═══ Provided data

//! Whole calls: what is for dies before a request, the request, and what the array wants behind it.
ghost use Rattle.std.specs.Prelude.{◌≡◌, ◌+◌, ◌^◌, ◌≤◌, [], length, is_ok, true, false, IfOk, IfErr, OnOk};
ghost use Rattle.fa_shared_request.specs.Counts.{IsMade};
ghost use Rattle.fa_shared_request.specs.Tallies.{pages_in};
ghost use Rattle.fa_shared_steps.specs.Tasks.{end_of, task_of};
ghost use Rattle.fa_shared_steps.specs.declared.request.Request.TheVariants.{Flush, Read};
ghost use Rattle.fa_solo.specs.Calls.{IsOfFlush, MakesRequest, MakesWhole, answer_by};
ghost use Rattle.fa_solo_job.specs.Inner.{Tidies, house_of};
ghost use Rattle.fa_shared_lock.specs.Seats.{number_of};
ghost use Rattle.fa_solo_job.specs.Orders.{IsDone};
ghost use Rattle.fa_types.specs.Store.{Done, Gave, Refused};
ghost use Rattle.fa_types.specs.declared.blocks.BlockFault.TheVariants.{NoMemory, NoRoom};

use crate::jobs::bring_in;
use crate::rebuilding::tidy;
use crate::requests::{run, run_read};
use fa_core_calls::Events;
use fa_image::Image;
use fa_shared_steps::Request;
use fa_solo_job::Inner;
use fa_types::BlockFault;
use std::alloc::Allocator;
use std::sync::ledger::Ledger;

/// A call that answers no bytes. Behind it all is done that the array wants, save where there was no room.
pub(crate) fn call<L: Ledger, E: Events<A>, I: Image, A: Allocator + Copy>(
    inner: &mut Inner<L, E, I, A>,
    page_bytes: u32,
    request: Request,
    bytes: &[u8],
) -> Result<(), BlockFault>
    requires some { 1 ≤ page_bytes }
    requires small { page_bytes ≤ 4096 }
    requires inside { end_of request ≤ 2 ^ 32 }
    ensures made { IsMade (pages_in (task_of page_bytes request)) inner.old.seat (is_ok result) inner.new.seat }
    ensures done { OnOk result (MakesWhole I.made (task_of page_bytes request) bytes.now Done inner.old inner.new) }
    ensures refused { IfErr result (λ fault. MakesWhole I.made (task_of page_bytes request) bytes.now (Refused fault) inner.old inner.new) }
{
    bring_in(inner);
    let answer = run(inner, page_bytes, request, bytes);
    let is_full = has_no_room(answer);
    tidy_unless(inner, is_full);
    answer
}

/// A read. Behind it all is done that the array wants.
pub(crate) fn call_read<L: Ledger, E: Events<A>, I: Image, A: Allocator + Copy, B: Allocator>(
    inner: &mut Inner<L, E, I, A>,
    page_bytes: u32,
    offset: u64,
    len: u64,
    into: B,
) -> Result<Vec<u8, B>, BlockFault>
    requires some { 1 ≤ page_bytes }
    requires small { page_bytes ≤ 4096 }
    requires inside { offset + len ≤ 2 ^ 32 }
    ensures length { IfOk result (λ answer. length answer.items ≡ len) }
    ensures room { IfErr result (λ fault. fault ≡ NoRoom → ⊥) }
    ensures made { IsMade 0 inner.old.seat (is_ok result) inner.new.seat }
    ensures gave { IfOk result (λ answer. MakesWhole I.made (task_of page_bytes (Read offset len)) [] (Gave answer.items) inner.old
        inner.new) }
    ensures refused { IfErr result (λ fault. MakesWhole I.made (task_of page_bytes (Read offset len)) [] (Refused fault) inner.old
        inner.new) }
{
    bring_in(inner);
    let answer = run_read(inner, page_bytes, offset, len, into);
    tidy(inner);
    answer
}

/// A flush. Behind it all is done that the array wants. It is never refused for want of room or memory.
pub(crate) fn call_flush<L: Ledger, E: Events<A>, I: Image, A: Allocator + Copy>(
    inner: &mut Inner<L, E, I, A>,
    page_bytes: u32,
) -> Result<(), BlockFault>
    requires some { 1 ≤ page_bytes }
    requires small { page_bytes ≤ 4096 }
    ensures room { IfErr result (λ fault. (fault ≡ NoRoom → ⊥) × (fault ≡ NoMemory → ⊥)) }
    ensures made { IsMade 0 inner.old.seat (is_ok result) inner.new.seat }
    ensures done { OnOk result (MakesWhole I.made (task_of page_bytes Flush) [] Done inner.old inner.new) }
    ensures refused { IfErr result (λ fault. MakesWhole I.made (task_of page_bytes Flush) [] (Refused fault) inner.old inner.new) }
{
    bring_in(inner);
    let answer = run_flush(inner, page_bytes);
    tidy(inner);
    answer
}

/// The request of a flush. It is never refused for want of room or memory.
fn run_flush<L: Ledger, E: Events<A>, I: Image, A: Allocator + Copy>(
    inner: &mut Inner<L, E, I, A>,
    page_bytes: u32,
) -> Result<(), BlockFault>
    requires some { 1 ≤ page_bytes }
    requires small { page_bytes ≤ 4096 }
    ensures room { IfErr result (λ fault. (fault ≡ NoRoom → ⊥) × (fault ≡ NoMemory → ⊥)) }
    ensures made { IsMade 0 inner.old.seat (is_ok result) inner.new.seat }
    ensures request { MakesRequest I.made (task_of page_bytes Flush) [] (answer_by result) inner.old inner.new }
{
    match run(inner, page_bytes, Request::Flush, &[]) {
        Ok(()) => Ok(()),
        Err(fault) => Err(of_flush(fault)),
    }
}

/// Why a flush is refused that ended so. No flush wants room or memory.
fn of_flush(fault: BlockFault) -> BlockFault
    ensures { IsOfFlush fault result }
{
    match fault {
        BlockFault::NoRoom => BlockFault::Lost,
        BlockFault::NoMemory => BlockFault::Lost,
        fault => fault,
    }
}

/// Whether there was no room.
fn has_no_room(answer: Result<(), BlockFault>) -> bool
    ensures full { answer_by answer ≡ Refused NoRoom → result ≡ true }
    ensures other { (answer_by answer ≡ Refused NoRoom → ⊥) → result ≡ false }
{
    match answer {
        Ok(()) => false,
        Err(fault) => fault == BlockFault::NoRoom,
    }
}

/// Does what the array wants, unless there was no room.
fn tidy_unless<L: Ledger, E: Events<A>, I: Image, A: Allocator + Copy>(
    inner: &mut Inner<L, E, I, A>,
    is_full: bool,
)
    ensures tidies { (tidies : Tidies I.made inner.old inner.new)
        × (is_full ≡ false → IsDone I.made inner.old.locked.number inner.old.dies.items
        (number_of inner.old.seat) (house_of inner.old) (house_of inner.new) tidies.orders) }
    ensures full { is_full ≡ true → inner.new ≡ inner.old }
{
    if is_full {
        return;
    }
    tidy(inner);
}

══════

Filter the entries by the string "that" and copy each matching line.

→ Output for this task
/// A call that answers no bytes. Behind it all is done that the array wants, save where there was no room.
/// A read. Behind it all is done that the array wants.
/// A flush. Behind it all is done that the array wants. It is never refused for want of room or memory.
/// Why a flush is refused that ended so. No flush wants room or memory.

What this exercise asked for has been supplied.